Suite à l’épidémie consécutive au covid-19 et de la période de confinement instaurée au niveau national, de plus en plus d’entreprises ont eu recours au télétravail.
L’article L. 1222-9 du code du travail définit le télétravail comme « toute forme d'organisation du travail dans laquelle un travail qui aurait également pu être exécuté dans les locaux de l'employeur est effectué par un salarié hors de ces locaux de façon volontaire en utilisant les technologies de l'information et de la communication ».
Autrement dit, le salarié reste à son domicile pour effectuer quotidiennement son travail à l’aide de l’outils informatique à sa disposition et lui permettant de travailler à distance.
Le recours au télétravail doit au préalable être strictement encadré (1) et emporte certaines conséquences pratiques autant pour l’employeur que pour le salarié (2).
1. La mise en place du télétravail
Conformément à l’article L. 1222-9 précité, le télétravail nécessite au préalable :
- L’adoption d’un accord collectif,
- A défaut, une charte élaborée par l’employeur après avis du Comité social et économique,
- A défaut, un accord entre l’employeur et le salarié, le plus souvent formalisé par écrit pour des questions de preuve.

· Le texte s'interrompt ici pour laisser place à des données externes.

/// A part of a text.
#[derive(Clone, Copy, Debug, Drop)]
pub enum Part<'a> {
    /// Words, as they stand.
    Words(&'a str),
    /// A number, in decimal.
    Number(u64),
    /// A number in decimal, with a hyphen before it where it is negative.
    Signed(i64),
}
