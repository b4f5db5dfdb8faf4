ghost use Rattle.std.specs.Prelude.{◌≡◌, ◌≤◌, [], ◌++◌, OnOk, OnErr};
ghost use Rattle.pgr_outside.specs.Faults.{HasRisen};
ghost use Rattle.pgr_outside.specs.Sink.{with_added, AddsPrefix, HasGained};
ghost use Rattle.pgr_outside.specs.Parts.{part_text, parts_text};

use crate::fault::Failed;
use crate::part::Part;
use crate::sink::Sink;
use crate::writing::write_all;
use arrayvec::ArrayString;
use itoa::Buffer;

/// Room for the parts of a short text, in bytes.
const SHORT_BYTES: usize = 256;

/// Writes the text of some parts.
///
/// A text of at most 256 bytes is handed over as one piece. `Failed` comes only where the sink's count rose in this call,
/// and then a prefix of the text was added, from none of it to all. It takes no memory.
pub fn write_parts<O: Sink>(out: &mut O, parts: &[Part]) -> Result<(), Failed>
    ensures all { OnOk result (O.written out.new ≡ with_added (O.written out.old) (parts_text parts.now)) }
    ensures failed { OnErr result (HasRisen (O.faults out.old) (O.faults out.new)) }
    ensures front { OnErr result (AddsPrefix (O.written out.old) (O.written out.new) (parts_text parts.now)) }
    ensures faults { O.faults out.old ≤ O.faults out.new }
{
    let mut gathered: ArrayString<SHORT_BYTES> = ArrayString::new();
    for part in parts {
        gather_part(out, &mut gathered, *part)?;
    }
    hand_on(out, &mut gathered)?;
    Ok(())
}

/// Adds a part of a text to the bytes that are gathered for a sink; see [`gather`].
pub fn gather_part<O: Sink, const ROOM: usize>(
    out: &mut O,
    gathered: &mut ArrayString<ROOM>,
    part: Part,
) -> Result<(), Failed>
    ensures all { OnOk result (HasGained (O.written out.old) (O.written out.new) (gathered.old.bytes ++ part_text part.entry) gathered.new.bytes) }
    ensures failed { OnErr result (HasRisen (O.faults out.old) (O.faults out.new)) }
    ensures front { OnErr result (AddsPrefix (O.written out.old) (O.written out.new) (gathered.old.bytes ++ part_text part.entry)) }
    ensures faults { O.faults out.old ≤ O.faults out.new }
{
    let mut digits = Buffer::new();
    let text = match part {
        Part::Words(words) => words,
        Part::Number(number) => digits.format(number),
        Part::Signed(number) => digits.format(number),
    };
    gather(out, gathered, text)
}

/// Adds a text to the bytes that are gathered for a sink, which are handed to it first where the text has no room behind them.
///
/// A text that is longer than the room is handed over as it stands. `Failed` comes only where the sink's count rose in this
/// call, and then a prefix of the bytes gathered before and the text was added to it. It takes no memory.
pub fn gather<O: Sink, const ROOM: usize>(
    out: &mut O,
    gathered: &mut ArrayString<ROOM>,
    text: &str,
) -> Result<(), Failed>
    ensures all { OnOk result (HasGained (O.written out.old) (O.written out.new) (gathered.old.bytes ++ text.now) gathered.new.bytes) }
    ensures failed { OnErr result (HasRisen (O.faults out.old) (O.faults out.new)) }
    ensures front { OnErr result (AddsPrefix (O.written out.old) (O.written out.new) (gathered.old.bytes ++ text.now)) }
    ensures faults { O.faults out.old ≤ O.faults out.new }
{
    if gathered.remaining_capacity() < text.len() {
        return make_room(out, gathered, text);
    }
    gathered.push_str(text);
    Ok(())
}

/// Hands on what is gathered, and then gathers a text, or hands it on too where it is longer than the room.
fn make_room<O: Sink, const ROOM: usize>(
    out: &mut O,
    gathered: &mut ArrayString<ROOM>,
    text: &str,
) -> Result<(), Failed>
    ensures all { OnOk result (HasGained (O.written out.old) (O.written out.new) (gathered.old.bytes ++ text.now) gathered.new.bytes) }
    ensures failed { OnErr result (HasRisen (O.faults out.old) (O.faults out.new)) }
    ensures front { OnErr result (AddsPrefix (O.written out.old) (O.written out.new) (gathered.old.bytes ++ text.now)) }
    ensures faults { O.faults out.old ≤ O.faults out.new }
{
    hand_on(out, gathered)?;
    if ROOM < text.len() {
        write_all(out, text.as_bytes())?;
        return Ok(());
    }
    gathered.push_str(text);
    Ok(())
}

/// Hands the bytes that are gathered for a sink to it, so that none are left.
///
/// `Failed` comes only where the sink's count rose in this call, and then a prefix of them was added. It takes no memory.
pub fn hand_on<O: Sink, const ROOM: usize>(
    out: &mut O,
    gathered: &mut ArrayString<ROOM>,
) -> Result<(), Failed>
    ensures all { OnOk result (O.written out.new ≡ with_added (O.written out.old) gathered.old.bytes) }
    ensures none_left { OnOk result (gathered.new.bytes ≡ []) }
    ensures failed { OnErr result (HasRisen (O.faults out.old) (O.faults out.new)) }
    ensures front { OnErr result (AddsPrefix (O.written out.old) (O.written out.new) gathered.old.bytes) }
    ensures faults { O.faults out.old ≤ O.faults out.new }
{
    write_all(out, gathered.as_str().as_bytes())?;
    gathered.clear();
    Ok(())
}
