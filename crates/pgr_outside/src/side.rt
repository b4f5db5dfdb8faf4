/// A side of an edge, or of the road: both, the right or the left.
#[derive(Clone, Copy, Debug, PartialEq, Eq)]
pub enum Side {
    /// Both sides, written `b`.
    B,
    /// The right side, written `r`.
    R,
    /// The left side, written `l`.
    L,
}
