ghost use Rattle.std.specs.Prelude.{◌≡◌, ℕ, ◌<◌, ◌≤◌, List, Option, length, take, IfOk, OnErr};
ghost use Rattle.pgr_outside.specs.Faults.{HasRisen};
ghost use Rattle.pgr_outside.specs.Sink.{with_added};

use crate::fault::Failed;

/// A sink of bytes, written in pieces.
///
/// Its meanings are what was written so far, where it tells that, and a count of faults that never falls.
pub trait Sink {
    /// What was written so far, where the sink tells it.
    ghost written: { Self → Option (List ℕ) };

    /// How many faults it has had.
    ghost faults: { Self → ℕ };

    /// Takes a front of the piece, at least one byte of a piece that isn't empty, and answers how many bytes.
    ///
    /// `Failed` comes only where the count of faults rose, and adds nothing. Whether the sink tells what
    /// was written is the same before and after, whatever the answer.
    fn write(&mut self, piece: &[u8]) -> Result<usize, Failed>
        ensures at_most { IfOk result (λ count. count ≤ length piece.now) }
        ensures some { IfOk result (λ count. 0 < length piece.now → 0 < count) }
        ensures added { IfOk result (λ count. written self.new ≡ with_added (written self.old) (take count piece.now)) }
        ensures failed { OnErr result (HasRisen (faults self.old) (faults self.new)) }
        ensures nothing_added { OnErr result (written self.new ≡ written self.old) }
        ensures faults { faults self.old ≤ faults self.new };
}
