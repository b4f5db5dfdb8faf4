ghost use Rattle.std.specs.Prelude.{◌≡◌, ◌≤◌, OnOk, OnErr};
ghost use Rattle.pgr_outside.specs.Faults.{HasRisen};
ghost use Rattle.pgr_outside.specs.Sink.{with_added, AddsPrefix};

use crate::fault::Failed;
use crate::sink::Sink;

/// Writes all the bytes.
///
/// `Failed` comes only where the sink's count rose in this call, and then a front of the bytes was added,
/// from none of them to all. It takes no memory.
pub fn write_all<O: Sink>(out: &mut O, bytes: &[u8]) -> Result<(), Failed>
    ensures all { OnOk result (O.written out.new ≡ with_added (O.written out.old) bytes.now) }
    ensures failed { OnErr result (HasRisen (O.faults out.old) (O.faults out.new)) }
    ensures front { OnErr result (AddsPrefix (O.written out.old) (O.written out.new) bytes.now) }
    ensures faults { O.faults out.old ≤ O.faults out.new }
{
    let mut rest = bytes;
    while !rest.is_empty() {
        let count = out.write(rest)?;
        rest = &rest[count..];
    }
    Ok(())
}
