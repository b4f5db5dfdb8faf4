ghost use Rattle.std.specs.Prelude.{◌≡◌, ℕ, ◌-◌, ◌≤◌, ◌↔◌, List, None, Some, Contains, map, length, min, take, drop, IsErr, IfOk, OnOk, OnErr, IfSome, IsErrOf, IsSomeAnd};
ghost use Rattle.std.specs.Option.{option_copied};
ghost use Rattle.pgr_outside.specs.Calls.{raised};
ghost use Rattle.pgr_outside.specs.Faults.{HasRisen, NoneFell};
ghost use Rattle.pgr_outside.specs.Files.{named, content_of, HasDistinctNames};
ghost use Rattle.pgr_outside.specs.MemoryStore.{StoreState, FailsNext};
ghost use Rattle.pgr_outside.specs.Store.{ReadsAt};

use crate::fault::StoreFault;
use crate::store::Store;
use std::marker::Model;

/// A store over files in memory, read in pieces of a size of one's choice, that fails at chosen calls.
///
/// It has one count of faults, which is the count of every name.
#[derive(Drop)]
pub struct MemoryStore {
    files: Vec<(String, Vec<u8>)>,
    most: usize,
    fails: Vec<u64>,
    calls: u64,
    faults: u64,
}

impl Model for MemoryStore {
    ghost Value = { StoreState };

    ghost view = { λ store. record {
      files = named store.files.items;
      most = store.most;
      fails = store.fails.items;
      calls = store.calls;
      faults = store.faults;
    } };

    ghost invariant = { λ store. 1 ≤ store.most };
}

impl MemoryStore {
    /// A store of these files, at which no call was made and no fault was counted.
    ///
    /// A read gives at most `most` bytes, and the calls whose numbers stand in `fails`, counted from 1,
    /// fail. Each given name is told with its bytes, and no other name is. It takes no memory.
    pub fn new(files: Vec<(String, Vec<u8>)>, most: usize, fails: Vec<u64>) -> MemoryStore
        requires names { HasDistinctNames (named files.items) }
        requires most { 1 ≤ most }
        ensures made { result ≡ record {
          files = named files.items;
          most = most;
          fails = fails.items;
          calls = 0;
          faults = 0;
        } }
        ensures told { (name bytes : List ℕ) → Contains (named files.items) (name, bytes)
            → content_of result.files name ≡ Some bytes }
        ensures untold { (name : List ℕ) → (¬ Contains (map (λ file. file.0) (named files.items)) name)
            → content_of result.files name ≡ None }
    {
        MemoryStore {
            files,
            most,
            fails,
            calls: 0,
            faults: 0,
        }
    }
}

impl Store for MemoryStore {
    ghost content = { λ store. content_of store.files };

    ghost faults = { λ store _. store.faults };

    /// Reads the bytes of a file from the place `at` on into the front of `buf`, and answers how many.
    ///
    /// A call that doesn't fail gives the least of `most`, the length of `buf` and the number of bytes from
    /// `at` on. It fails exactly where its number is one of those that fail, or where there is no such
    /// file, and then counts one fault more. It never answers `Memory`.
    fn read_at(&mut self, name: &str, at: u64, buf: &mut [u8]) -> Result<usize, StoreFault>
        ensures count { IfOk result (λ count. count ≤ length buf.new) }
        ensures bytes { IfOk result (λ count. IfSome (content_of self.old.files name.now) (λ told. ReadsAt told at buf.new count)) }
        ensures failed { IsErrOf result StoreFault.Failed → HasRisen self.old.faults self.new.faults }
        ensures memory { IsErrOf result StoreFault.Memory → buf.new ≡ buf.old }

        // What stays, for every name: contents, and counts do not fall.
        ensures content { content_of self.new.files ≡ content_of self.old.files }
        ensures faults { NoneFell (λ _. self.old.faults) (λ _. self.new.faults) }

        // Exactly how much, when it fails, and what is counted.
        ensures exact { IfOk result (λ count. IsSomeAnd (content_of self.old.files name.now)
            (λ told. count ≡ min self.old.most (min (length buf.old) (length told - at)))) }
        ensures fails { IsErr result ↔ FailsNext self.old name.now }
        ensures never_memory { ¬ IsErrOf result StoreFault.Memory }
        ensures ok { OnOk result (self.new ≡ record self.old { calls = raised self.old.calls }) }
        ensures err { OnErr result (self.new ≡ record self.old {
          calls = raised self.old.calls;
          faults = raised self.old.faults;
        }) }
    {
        self.calls = self.calls.saturating_add(1);
        let is_to_fail = self.fails.contains(&self.calls);
        match bytes_named(&self.files, name) {
            Some(bytes) if !is_to_fail => Ok(copy_front(bytes, at, self.most, buf)),
            _ => {
                self.faults = self.faults.saturating_add(1);
                Err(StoreFault::Failed)
            }
        }
    }
}

/// The content of the file with this name, if there is one.
fn bytes_named<'a>(files: &'a [(String, Vec<u8>)], name: &str) -> Option<&'a [u8]>
    ensures { option_copied result ≡ content_of (named files.now) name.now }
{
    for file in files {
        if file.0.as_str() == name {
            return Some(file.1.as_slice());
        }
    }
    None
}

/// Copies bytes from the place `at` on to the front of a buffer, at most so many, and answers how many.
fn copy_front(bytes: &[u8], at: u64, most: usize, buf: &mut [u8]) -> usize
    ensures count { result ≡ min most (min (length buf.old) (length bytes.now - at)) }
    ensures copied { take result buf.new ≡ take result (drop at bytes.now) }
{
    let rest = &bytes[(at as usize).min(bytes.len())..];
    let count = most.min(buf.len()).min(rest.len());
    buf[..count].copy_from_slice(&rest[..count]);
    count
}
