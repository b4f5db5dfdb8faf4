//! Input and output by stores and sinks: whole files in, whole texts out, each failure with its cause.
//!
//! A [`Store`] holds named files and is read in pieces; a [`Sink`] takes bytes in pieces. Each may tell what
//! it holds, and keeps a count of faults that never falls. [`read_file`] reads a file whole, [`write_all`]
//! writes bytes whole, and [`write_parts`] a text as a list of [`Part`]s, over any of them; [`gather`] and its kin
//! hand texts to a sink in large pieces. [`MemoryStore`] and [`MemorySink`] are in memory, and fail at chosen calls.
//! Proved: a file that was read is the store's whole content (`whole`), and is refused as too long only
//! where it is longer than the limit (`too_long`); what was written is all the bytes (`all`), or a front of
//! them after a failure (`front`); a failure comes only where a count of faults rose (`failed`); reading
//! changes no content (`content`). Not proved: time.
#![tactic(auto)]

mod fault;
mod gathering;
mod listed;
mod memory_sink;
mod memory_store;
mod part;
mod reading;
mod side;
mod sink;
mod store;
#[cfg(test)]
mod tests;
mod text;
mod writing;

pub use fault::{Failed, NoMemory, StoreFault};
pub use gathering::{gather, gather_part, hand_on, write_parts};
pub use listed::Listed;
pub use memory_sink::MemorySink;
pub use memory_store::MemoryStore;
pub use part::Part;
pub use reading::{ReadRefused, read_file};
pub use side::Side;
pub use sink::Sink;
pub use store::Store;
pub use text::Text;
pub use writing::write_all;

Le contenu de l’un de ces documents est précisément décrit par la disposition susvisée, à savoir :
- Les conditions de passage en télétravail, en particulier en cas d'épisode de pollution mentionné à l'article L. 223-1 du code de l'environnement, et les conditions de retour à une exécution du contrat de travail sans télétravail ;
- Les modalités d'acceptation par le salarié des conditions de mise en œuvre du télétravail ;
- Les modalités de contrôle du temps de travail ou de régulation de la charge de travail ;
- La détermination des plages horaires durant lesquelles l'employeur peut habituellement contacter le salarié en télétravail ;
- Les modalités d'accès des travailleurs handicapés à une organisation en télétravail, en application des mesures prévues à l'article L. 5213-6.
Dans le même sens, l’employeur ne peut revenir unilatéralement sur le recours au télétravail dès lors que celui-ci a fait l’objet d’un accord avec le salarié (Cass. soc., 31 mai 2006, n° 04-43.592).
En cas de demande du salarié d’une telle mise en place, l’employeur devra motiver, par des raisons objectives, son éventuel refus.
En revanche, l’article L. 1222-11 du code du travail précise qu’en cas de circonstances exceptionnelles, notamment de menace d’épidémie, le recours au télétravail constitue un simple « un aménagement du poste de travail ».
Sur le fondement de cette disposition, le Gouvernement a ainsi considéré dans ses questions/réponses « TÉLÉTRAVAIL & DÉCONFINEMENT » (voir le document joint à cet article) que cette disposition permettait à l’employeur de courir au télétravail sans l’accord du salarié.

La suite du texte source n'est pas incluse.